Au 11e jour de la différenciation des motoneurones, transférez les cellules et les milieux dans un tube de 50 millilitres et laissez les neurosphères se déposer au fond pendant 5 minutes. Aspirez le surnageant et remettez les cellules en suspension dans 15 millilitres de milieu de culture en suspension de motoneurones complété par 20 nanogrammes par millilitre de facteur neurotrophique dérivé du cerveau et 10 nanogrammes par millilitre de facteur neurotrophique dérivé des cellules gliales.

Au 14e jour des protocoles de différenciation, ensemencez les motoneurones dans la plateforme. Préparez un mélange de gel 4 pour 1 de 2 milligrammes par millilitre de collagène I et de matrice de membrane basale solubilisée. Utilisez une passoire cellulaire de 400 nanomètres pour sélectionner de grandes neurosphères et les remettre en suspension dans le mélange de gel préparé.

Soigneusement, aspirez le milieu du réservoir et de la neurosphère bien. Ensuite, ajoutez 15 microlitres du mélange de gel dans le canal de la neurosphère. Chargez une pipette de 10 microlitres avec 10 microlitres de gel et choisissez une neurosphère.
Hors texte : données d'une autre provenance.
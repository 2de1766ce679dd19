//! What every crate of beamkit stands on: buffers, texts, lists, a cursor over bytes, and counts of
//! steps.
#![tactic(auto)]

mod byte_list;
mod bytes;
mod cursor;
mod item_list;
mod memory;
mod steps;
mod tag_kind;
mod text;
mod word_list;

pub use byte_list::ByteList;
pub use bytes::Bytes;
pub use cursor::Cursor;
pub use item_list::ItemList;
pub use memory::NoMemory;
pub use steps::Steps;
pub use tag_kind::TagKind;
pub use text::{Text, TextFault};
pub use word_list::WordList;

#[cfg(test)]
mod tests;
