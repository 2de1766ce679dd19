//! The words of a command line.

use crate::item_list::ItemList;
use crate::text::Text;

/// The words that a program was called with, in order.
pub type WordList = ItemList<Text>;
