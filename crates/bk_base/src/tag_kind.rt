//! The two kinds of handlers.

/// Which of its two forms a handler of failures has: `catch` keeps what it catches as a value,
/// `try` hands it on to a `try_case`.
#[derive(Clone, Copy, Debug, PartialEq, Eq)]
pub enum TagKind {
    Catch,
    Try,
}
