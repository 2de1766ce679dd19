ghost use Rattle.std.specs.Prelude.{◌≡◌, ◌+◌};

use super::*;
use std::test::Fail;

#[test]
fn buffers_hold_what_was_put(rt: HostRuntime) -> Result<(), Fail> {
    let mut bytes = Bytes::new(rt.alloc());
    bytes.reserve(3)?;
    bytes.push(1)?;
    bytes.extend(&[2, 3])?;
    assert_eq!(rt; bytes.as_slice(), [1, 2, 3].as_slice());
    assert_eq!(rt; (bytes.len(), bytes.is_empty()), (3, false));
    let list = ByteList::from_slice(rt.alloc(), bytes.as_slice())?;
    assert_eq!(rt; (list.len(), list.is_empty()), (3, false));
    assert_eq!(rt; Bytes::from(list).as_slice(), [1, 2, 3].as_slice());
    assert!(rt; ByteList::from(bytes).len() == 3 && ByteList::new(rt.alloc()).is_empty());
    Ok(())
}

#[test]
fn words_are_text(rt: HostRuntime) -> Result<(), Fail> {
    let mut words = WordList::new(rt.alloc());
    assert!(rt; words.is_empty());
    words.push(Text::from_bytes(rt.alloc(), b"info")?)?;
    words.push(Text::from(String::from_str(rt.alloc(), "-")?))?;
    assert_eq!(rt; words.len(), 2);
    assert_eq!(rt;
        words.get(0).ok_or("no word")?.as_bytes(),
        b"info".as_slice()
    );
    assert_eq!(rt; words.get(1).ok_or("no word")?.as_str(), "-");
    assert!(rt; words.get(2).is_none());
    let refused = Text::from_bytes(rt.alloc(), &[b'a', 0xff]);
    assert!(rt; matches!(&refused, Err(TextFault::NotUtf8)));
    Ok(())
}

#[test]
fn an_item_is_put_in_the_place_of_another(rt: HostRuntime) -> Result<(), Fail> {
    let mut items = ItemList::new(rt.alloc());
    items.push(TagKind::Try)?;
    items.push(TagKind::Try)?;
    items.push(TagKind::Try)?;
    items.set(1, TagKind::Catch);
    assert_eq!(rt;
        items.as_slice(),
        [TagKind::Try, TagKind::Catch, TagKind::Try].as_slice()
    );
    Ok(())
}

#[test]
fn a_cursor_reads_from_the_front(rt: HostRuntime) -> Result<(), Fail> {
    let mut cursor = Cursor::new(&[1, 0, 2, 0, 0, 1, 0, 9]);
    assert_eq!(rt; cursor.byte(), Some(1));
    assert_eq!(rt; cursor.be16(), Some(2));
    assert_eq!(rt; cursor.be32(), Some(256));
    assert_eq!(rt; cursor.be16(), None);
    assert_eq!(rt; (cursor.at(), cursor.is_empty()), (7, false));
    assert_eq!(rt; cursor.rest(), [9].as_slice());
    assert_eq!(rt; cursor.take(1).ok_or("no byte")?, [9].as_slice());
    assert!(rt; cursor.is_empty());
    Ok(())
}

// What is put, how many of it are dropped in front, how many of the rest are kept, what is left once
// the last of these is taken off, and that one.
const ROWS: [(&[u8], usize, usize, &[u8], Option<u8>); 5] = [
    (&[1, 2, 3, 4], 1, 2, &[2], Some(3)),
    (&[1, 2, 3, 4], 0, 9, &[1, 2, 3], Some(4)),
    (&[1, 2, 3, 4], 3, 1, &[], Some(4)),
    (&[1, 2], 9, 1, &[], None),
    (&[1, 2], 1, 0, &[], None),
];

#[test]
fn items_are_taken_off_at_both_ends(rt: HostRuntime) -> Result<(), Fail> {
    for (put, dropped, kept, left, last) in ROWS.iter() {
        let mut items = ItemList::new(rt.alloc());
        for item in put.iter() {
            items.push(*item)?;
        }
        items.drop_front(*dropped);
        items.truncate(*kept);
        assert_eq!(rt; items.pop(), *last);
        assert_eq!(rt; items.as_slice(), *left);
    }
    Ok(())
}

#[derive(Drop)]
struct Book;

fn walk_twice(steps: &mut Steps<Book>)
    ensures { steps.new ≡ steps.old + 2 }
{
    steps.tick();
    steps.tick();
}

#[test]
fn steps_are_counted_without_bytes(_rt: HostRuntime) -> Result<(), Fail> {
    let mut steps = Steps::start(Book);
    walk_twice(&mut steps);
    prove!(std::mem::size_of::<Steps<Book>>() == 0);
    Ok(())
}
Déposez la neurosphère dans le canal de la neurosphère, en vous assurant qu’elle se trouve dans la chambre. Ensuite, soulevez lentement la pipette tout en libérant le gel restant une fois la neurosphère déposée.

Laissez le gel polymériser pendant 30 minutes à 37 degrés Celsius. Ensuite, ajoutez 450 microlitres de NbActiv4 complétés par 20 nanogrammes par millilitre de facteur neurotrophique dérivé du cerveau et 10 nanogrammes par millilitre de facteur neurotrophique dérivé des cellules gliales dans les réservoirs.

Pour l’imagerie, utilisez un microscope à fluorescence inversée avec un logiciel de caméra scientifique à semi-conducteur à oxyde métallique. Réglez le binning sur 2 par 2, l’exposition sur 20 millisecondes, l’obturateur roulant activé, le taux de lecture sur 540 mégahertz, la plage dynamique sur 12 bits et le gain 1, et le mode capteur sur superposition. Utilisez un objectif 2x sur le microscope pour imager les microtissus et fixez une chambre de cellules vivantes à la platine du microscope.

Sélectionnez la région d’intérêt qui contient les tissus squelettiques innervés afin de minimiser la taille du fichier et le temps de traitement. Ensuite, placez un filtre d’émission passe-long de 594 nanomètres entre l’échantillon et l’objectif d’imagerie pour filtrer les impulsions de lumière bleue de la caméra. Ensuite, placez une plaque rectangulaire à quatre puits contenant quatre bioréacteurs dans la chambre de la cellule vivante. Ensuite, cliquez sur Live View, centrez et concentrez l’image avec le retour sur investissement souhaité.

Téléchargez le macrocode personnalisé à partir du dossier GitHub pour contrôler la position de la scène, la carte Arduino et l’acquisition vidéo. Ensuite, définissez le film de sortie sur day_tissuegroup_tissuename_experiment. ND2. Exécutez le macrocode avec les coordonnées x et y souhaitées définies sur la scène et obtenez un time-lapse rapide avec 1 700 images à 50 images par seconde.

Après l’imagerie, remplacez le milieu et remettez les échantillons dans l’incubateur. Prévoyez au moins 24 heures entre les séances d’acquisition d’images pour éviter la fatigue des tissus.